Factoring Differences of Cubes: x^12 - y^3 z^12

[ReginaR]

I am limping along in my homework and this equation has me stumped.
x^12 - y^3 z^12

This is my initial mind frame to solve it

((x^4)^3 - y^3 (z^4)^3)
Where A = x^4 and B = y^3 z^4

I know that this is probably incorrect, but can someone help me please? I do not want the answer only , but the steps so that I can understand the process.

Thanks in advance

 

[stapel]

I am limping along in my homework and this equation has me stumped.
x^12 - y^3 z^12

This is my initial mind frame to solve it

((x^4)^3 - y^3 (z^4)^3)
Where A = x^4 and B = y^3 z^4

I'm not sure how you're using "A" and "B" here...? Instead, try finding the cube root of each of the first and second terms.

. . . . .\(\displaystyle x^{12}\)

What would you cube to get this? (Yes, you're right: x⁴.)

. . . . .\(\displaystyle y^3\, z^{12}\)

What would you cube to get this? (No, not y³ z⁴.)

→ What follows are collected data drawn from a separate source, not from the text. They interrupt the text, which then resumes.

/// A stream, its limits, and its verdict.
#[derive(Clone, Copy)]
pub struct Case<'a> {
    /// The row of a table that it stands in.
    pub row: &'a str,
    pub limits: Limits,
    pub input: &'a [u8],
    pub want: Result<Summary, Fault>,
}

/// So many values of a binary stream.
pub fn binary(values: u64) -> Result<Summary, Fault> {
    Ok(Summary {
        form: Form::Binary,
        values,
    })
}

/// So many values of a text.
pub fn text(values: u64) -> Result<Summary, Fault> {
    Ok(Summary {
        form: Form::Text,
        values,
    })
}

/// A refusal.
pub fn refused(reason: Reason, place: u64) -> Result<Summary, Fault> {
    Err(Fault::Refused(reason, place))
}

/// Asserts the verdict on a stream, in one piece or a byte a read, and that this is written of it, at
/// once or a byte a call.
pub fn expect(rt: &impl Abort, alloc: Global, case: Case, to: To, output: &[u8]) {
    let want = (case.want, output);
    let (outcome, out) = answer(rt, alloc, case.limits, to, case.input, Vec::new(alloc));
    same_at(rt, "at once", case.row, 0, (outcome, out.as_slice()), want);
    let reader = Giving::all(case.input, 1);
    let writer = Taking {
        taken: Vec::new(alloc),
        room: output.len(),
    };
    let (outcome, writer) = answer(rt, alloc, case.limits, to, reader, writer);
    let given = (outcome, writer.taken.as_slice());
    same_at(rt, "a byte a call", case.row, 0, given, want);
}

/// Asserts the verdict on binary, as text, checked alone, and as the form that it does not have, that it is not
/// written as binary again, and that what is accepted goes there and back.
pub fn expect_octets(rt: &impl Abort, alloc: Global, case: Case, shown: &[u8]) {
    expect(rt, alloc, case, To::Text, shown);
    expect(rt, alloc, case, To::Other, shown);
    expect(rt, alloc, case, To::Nothing, b"");
    expect_parts(rt, alloc, case, To::Text, shown);
    if case.want.is_ok() {
        expect_all_taken(rt, alloc, case);
    }
    let want = refused(Reason::SameForm, 0);
    expect(rt, alloc, Case { want, ..case }, To::Binary, b"");
    expect_round_trip(rt, alloc, case);
}

/// Streams, and what is shown of them.
const BINARY_STREAMS: &str = r#"
%E0%01%00%EA|0||
%E0%01%00%EA%0F%11%21%05%31%07%2F%10|6|null%0Atrue%0A5%0A-7%0Anull.int%0Afalse%0A|
%E0%01%00%EA%21%00|1|0%0A|
%E0%01%00%EA%52%80%80|1|-0.%0A|
%E0%01%00%EA%52%C1%0F|1|1.5%0A|
%E0%01%00%EA%52%C3%05|1|0.005%0A|
%E0%01%00%EA%51%C2|1|0.00%0A|
%E0%01%00%EA%52%81%0F|1|15d1%0A|
%E0%01%00%EA%52%E7%01|1|1d-39%0A|
%E0%01%00%EA%5E%92%E6%00%FF%FF%FF%FF%FF%FF%FF%FF%FF%FF%FF%FF%FF%FF%FF%FF|1|3.40282366920938463463374607431768211455%0A|
%E0%01%00%EA%C8%52%80%0F%52%80%80%71%04|1|(15. -0. name)%0A|
%E0%01%00%EA%70|1|$0%0A|
%E0%01%00%EA%69%80%0F%D0%81%81%80%80%80%80|1|2000-01-01T00:00:00Z%0A|
%E0%01%00%EA%69%80%0F%D0%81%81%80%80%80%C1|1|2000-01-01T00:00:00.0Z%0A|
# A field id before a NOP pad names nothing.
%E0%01%00%EA%D5%80%01%FF%84%11|1|{name:true}%0A|
%E0%01%00%EA%D5%FE%01%FF%84%11|1|{name:true}%0A|
# Declarations are no values.
%E0%01%00%EA%EA%81%83%D7%87%B2%81%61%86%71%03%EA%81%83%D7%87%B2%81%62%86%71%03%71%0A%71%0B|2|a%0Ab%0A|
%E0%01%00%EA%B5%21%05%B2%11%10%E4%81%84%21%05|2|[5,[true,false]]%0Aname::5%0A|
# Version markers are no values, wherever they stand at top level.
%E0%01%00%EA%E0%01%00%EA|0||
%E0%01%00%EA%21%05%E0%01%00%EA%E0%01%00%EA%11|2|5%0Atrue%0A|
%E0%01%00%EA%B1%11%E0%01%00%EA|1|[true]%0A|
"#;

#[test]
fn binary_streams(rt: HostRuntime) {
    expect_rows(&rt, rt.alloc(), Kind::Octets, BINARY_STREAMS);
}

/// Streams that are refused, and what is shown of them.
const REFUSED_STREAMS: &str = r#"
%E0%01%00%EA%21%05%82%61|Truncated 6|5%0A|
%E0%01%00%EA%21%05%82%61%FF|BadText 6|5%0A|
%E0%01%00%EA%E6%81%84%E3%81%84%11|BadAnnotation 7||
%E0%01%00%EA%E4%81%84%01%00|BadAnnotation 7||
%E0%01%00%EA%40|Float 4||
%E0%01%00%EA%31%00|BadNumber 4||
%E0%01%00%EA%71%0A|BadSymbol 4||
%E0%01%00%EA%B1%21%05|Overrun 5|[|
%E0%01%00%EA%D1%80|BadDescriptor 4||
# A marker stands at top level alone, and ends what was declared.
%E0%01%00%EA%B4%E0%01%00%EA|BadDescriptor 5|[|
%E0%01%00%EA%21%05%E0%02%00%EA|BadVersion 6|5%0A|
%E0%01%00%EA%21%05%E0%01|Truncated 6|5%0A|
%E0%01%00%EA%EA%81%83%D7%87%B2%81%61%86%71%03%71%0A%E0%01%00%EA%71%0A|BadSymbol 21|a%0A|
# What is open stays open.
%E0%01%00%EA%B2%11|Truncated 6|[true|
%E0%01%00%EA%B5%21%01%D3|Overrun 7|[1|
%E0%01%00%EA%11%D6%84%B4%21%01%21|Truncated 10|true%0A{name:[1|
# Containers that are open at once.
%E0%01%00%EA%B1%B0|DepthLimit 5|[|depth=1|
"#;

#[test]
fn refused_streams(rt: HostRuntime) {
    expect_rows(&rt, rt.alloc(), Kind::Octets, REFUSED_STREAMS);
}

/// Asserts the verdict on a text and what is written of it, in whichever two pieces it comes.
fn expect_cut(rt: &impl Abort, alloc: Global, case: Case, shown: &[u8]) {
    for at in 0..case.input.len() {
        let reader = Giving::cut(case.input, at);
        let (outcome, out) = answer(rt, alloc, case.limits, To::Text, reader, Vec::new(alloc));
        let given = (outcome, out.as_slice());
        same_at(rt, "cut", case.row, at, given, (case.want, shown));
    }
}

/// Asserts the verdict on a text, and what is written of it as text, and that what is accepted goes there and
/// back.
pub fn expect_text(rt: &impl Abort, alloc: Global, case: Case, shown: &[u8]) {
    expect(rt, alloc, case, To::Text, shown);
    expect(rt, alloc, case, To::Nothing, b"");
    expect_cut(rt, alloc, case, shown);
    expect_parts(rt, alloc, case, To::Text, shown);
    expect_round_trip(rt, alloc, case);
}

/// Texts, and what is shown of them.
const TEXTS: &str = r#"
[1/*x*/,2]|1|[1,2]%0A|
a /*x*/ :: /*y*/ b|1|a::b%0A|
$ion_1_0 a $ion_1_0|1|a%0A|
[1/2]|BadToken 1|[|
null.nul|BadToken 0||
(1_ a)|BadToken 1|(|
a::|Truncated 3||
[1 "a|BadToken 3|[1|
{nan:1}|BadToken 1|{|
2000-02-30T|BadTimestamp 0||
# The item is given before the comment after it is refused.
a /*|Truncated 2|a%0A|
'''a''' '''b|Truncated 0||
# Declarations are no values.
$ion_symbol_table::{symbols:["a"]} $10 $11|BadSymbol 39|a%0A|
# Containers that are open at once.
[[|DepthLimit 1|[|depth=1|
"#;

#[test]
fn texts(rt: HostRuntime) {
    expect_rows(&rt, rt.alloc(), Kind::Texts, TEXTS);
}

/// Tokens, and what they mean.
const TOKENS: &str = r#"
'''a''' /*x*/ '''b'''|1|"ab"%0A|
(--1 a.b -2 /*c*/ +)|1|('--' 1 a '.' b -2 '+')%0A|
-0.|1|-0.%0A|
15d-1 1.50 5d-3|3|1.5%0A1.50%0A0.005%0A|
340282366920938463463374607431768211455|1|340282366920938463463374607431768211455%0A|
340282366920938463463374607431768211456|Range 0||
1e0|Float 0||
{{aGVsbG8=}}|1|{{aGVsbG8=}}%0A|
# Bits of the last character that belong to no byte have to be zero.
{{aGVsbG9=}}|BadLob 0||
{{}}|1|{{}}%0A|
"\xe9"|1|"%C3%A9"%0A|
"\uD83D\uDE00"|1|"%F0%9F%98%80"%0A|
"\uD83D"|BadText 0||
"ab |Truncated 0||
2007T 2007-01-02T|2|2007T%0A2007-01-02%0A|
2007-13T|BadTimestamp 0||
# A byte-order mark, and octets of the binary form without its marker.
%EF%BB%BF5|BadToken 0||
!%05|BadToken 0||
"#;

#[test]
fn tokens_of_texts(rt: HostRuntime) {
    expect_rows(&rt, rt.alloc(), Kind::Texts, TOKENS);
}

/// Items, in the order of their faults.
const ITEMS: &str = r#"
[1,{a:|Truncated 6|[1,{|
[1,]|1|[1]%0A|
[1 2]|BadToken 3|[1|
[,]|BadToken 1|[|
{a::1}|BadToken 2|{|
# A token of the item is refused before one of its symbols.
{$99:1}|BadSymbol 1|{|
{$99:1_}|BadToken 5|{|
$ion_1_1 5|BadVersion 0||
# In quotes it is a symbol as any other.
'$ion_1_0'|1|'$ion_1_0'%0A|
# Containers that are open at once.
[[]]|DepthLimit 1|[|depth=1|
"#;

#[test]
fn items_of_texts(rt: HostRuntime) {
    expect_rows(&rt, rt.alloc(), Kind::Texts, ITEMS);
}

/// An input of as many bytes as the limit is read.
const INPUT_LIMITS: &str = r#"
1 2 3|3|1%0A2%0A3%0A|input=5|
12|InputLimit||input=1|
"#;

#[test]
fn input_limits(rt: HostRuntime) {
    expect_rows(&rt, rt.alloc(), Kind::Texts, INPUT_LIMITS);
}

#[test]
fn first_bytes(rt: HostRuntime) {
    let texts = "|0||\n5|1|5%0A|\n%E1%01%00%EA|BadToken 0||";
    expect_rows(&rt, rt.alloc(), Kind::Texts, texts);
    let converted =
        "|0|%E0%01%00%EA|\n5|1|%E0%01%00%EA%21%05|\n%E1%01%00%EA|BadToken 0|%E0%01%00%EA|";
    expect_rows(&rt, rt.alloc(), Kind::Converted, converted);
    let markers = "%E0%01|Truncated 0||\n%E0%01%01%EA|BadVersion 0||";
    expect_rows(&rt, rt.alloc(), Kind::Octets, markers);
}

// What was written then is a prefix of the whole stream's output.
#[test]
fn faults(rt: HostRuntime) {
    let alloc = rt.alloc();
    expect_rows(
        &rt,
        alloc,
        Kind::Octets,
        "%E0%01%00%EA%21%05%11|InputLimit||input=3|",
    );
    let octets = b"\xE0\x01\x00\xEA\x21\x05\x11".as_slice();
    let reader = Giving {
        fails: true,
        ..Giving::all(octets, 2)
    };
    let (outcome, out) = answer(&rt, alloc, LIMITS, To::Text, reader, Vec::new(alloc));
    same(&rt, outcome, Err(Fault::ReadFault));
    assert!(rt; b"5\ntrue\n".starts_with(out.as_slice()));
    let empty: [u8; 0] = [];
    for (input, to, want) in [
        (octets, To::Text, b"5\nt".as_slice()),
        (empty.as_slice(), To::Binary, b"\xE0\x01"),
    ] {
        let writer = Taking {
            taken: Vec::new(alloc),
            room: want.len(),
        };
        let (outcome, writer) = answer(&rt, alloc, LIMITS, to, input, writer);
        same(&rt, outcome, Err(Fault::WriteFault));
        same(&rt, writer.taken.as_slice(), want);
    }
}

Then plug these into the difference-of-cubes formula.

 

[Steven G]

I am limping along in my homework and this equation has me stumped.
x^12 - y^3 z^12

This is my initial mind frame to solve it

((x^4)^3 - y^3 (z^4)^3)
Where A = x^4 and B = y^3 z^4

I know that this is probably incorrect, but can someone help me please? I do not want the answer only , but the steps so that I can understand the process.

Thanks in advance

y^3 (z^4)^3 =(yz^4)^3. So now you have the difference of cubes. Continue.

 

[hoosie]

Factorising Difference of Two Cubes

Factorise the difference of two cubes:
x^12 - y^3 z^12


a³ - b³ = (a-b)(a²+ab+b²)
where
a = x^4 since x^4 * x^4 * x^4 = x^12
b = yz^4 since yz^4 * yz^4 * yz^4 = y^3 z^12


It follows:


x^12 - y^3 z^12
= (x^4 - yz^4){(x^4)^2 + x^4*yz^4 + (yz^4)^2}
= (x^4 - yz^4)(x^8 + x^4yz^4 + y^2z^8)


Check: let x = 2, y = 1, z = 3
LHS = 2^12 - 1^3*3^12
= 4096 - 1*531 441
= -527 345
RHS = (2^4 - 1*3^4)(2^8 + 2^4*1*3^4 + 1^2*3^8)
= (16 - 81)(256 + 1296 + 6561)
= -65 * 8113
= -527 345
= LHS
Therefore answer is correct.

 

[Steven G]

Factorise the difference of two cubes:
x^12 - y^3 z^12


a³ - b³ = (a-b)(a²+ab+b²)
where
a = x^4 since x^4 * x^4 * x^4 = x^12
b = yz^4 since yz^4 * yz^4 * yz^4 = y^3 z^12


It follows:


x^12 - y^3 z^12
= (x^4 - yz^4){(x^4)^2 + x^4*yz^4 + (yz^4)^2}
= (x^4 - yz^4)(x^8 + x^4yz^4 + y^2z^8)


Check: let x = 2, y = 1, z = 3
LHS = 2^12 - 1^3*3^12
= 4096 - 1*531 441
= -527 345
RHS = (2^4 - 1*3^4)(2^8 + 2^4*1*3^4 + 1^2*3^8)
= (16 - 81)(256 + 1296 + 6561)
= -65 * 8113
= -527 345
= LHS
Therefore answer is correct.

Nice work. I only object with your last line saying that therefore the answer is correct. Just because your check works does not mean that your answer is correct. It just means that you can't say that you're wrong.